Start of DATASET
//! What a command comes to, before it is done.

ghost use Rattle.std.specs.Prelude.{◌≡◌, List};
ghost use Rattle.kd_tables.specs.Drafts.{Draft, content_at, without_content};
ghost use Rattle.kd_tables.specs.Outs.{why_ended};
ghost use Rattle.kd_tables.specs.declared.part.Part.{Part};

use crate::change::Change;
use crate::content::Content;
use crate::finishing::stops;
use crate::part::{Out, Part};
use kd_commands::WhoKind;
use kd_types::Refusal;
use kd_wire::Reply;
use std::marker::Model;

/// A command that the desk doesn't refuse: the visits that it asks for, and all that its end needs.
/// It holds all memory of the command.
#[derive(Debug, Drop)]
pub struct Plan {
    /// Its visits, in their order.
    pub parts: Vec<Part>,
    /// The contents of its offers, by the place of their parts; what was taken is None.
    pub contents: Vec<Option<Content>>,
    /// The reply, unless a visit ends it.
    pub reply: Reply,
    /// What is done to the desk, unless a visit ends it.
    pub change: Change,
    /// What the caller is then.
    pub after: WhoKind,
}

impl Model for Plan {
    ghost Value = { Draft };

    ghost view = { λ p.
        record {
          parts = p.parts.items;
          contents = p.contents.items;
          reply = p.reply;
          change = p.change;
          after = p.after;
        } };
}

impl Plan {
    /// The parts in visiting order.
    pub fn parts(&self) -> &[Part]
        ensures { result.now ≡ self.now.parts }
    {
        &self.parts
    }

    /// What the caller is when the command is done; after HELLO the new connection, with its seat.
    pub fn after(&self) -> WhoKind
        ensures { result ≡ self.now.after }
    {
        self.after
    }

    /// The refusal that ended it at its first visit, if that had to be done.
    #[tactic(auto, using(crate::proofs::Ending::ends_where_it_stops))]
    pub fn refusal(&self, outs: &[Out]) -> Option<Refusal>
        ensures { result ≡ why_ended self.now outs.now }
    {
        stops(&self.parts, outs)
    }

    /// The content of the offer at this place, moved out; None where the place has no offer, or
    /// where it was taken.
    #[tactic(auto, unfolding(crate::specs::Drafts::without_content))]
    pub fn content(&mut self, index: usize) -> Option<Content>
        ensures content { result ≡ content_at index self.old.contents }
        ensures taken { self.new ≡ without_content index self.old }
    {
        match self.contents.get_mut(index) {
            Some(content) => content.take(),
            None => None,
        }
    }
}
End of DATASET
## WHAT IS NEEDED
The lines from the first of the entries through the line holding "use std::marker::Model;" are to be restated word for word, and no others.

## EXERCISE ANSWER
//! What a command comes to, before it is done.

ghost use Rattle.std.specs.Prelude.{◌≡◌, List};
ghost use Rattle.kd_tables.specs.Drafts.{Draft, content_at, without_content};
ghost use Rattle.kd_tables.specs.Outs.{why_ended};
ghost use Rattle.kd_tables.specs.declared.part.Part.{Part};

use crate::change::Change;
use crate::content::Content;
use crate::finishing::stops;
use crate::part::{Out, Part};
use kd_commands::WhoKind;
use kd_types::Refusal;
use kd_wire::Reply;
use std::marker::Model;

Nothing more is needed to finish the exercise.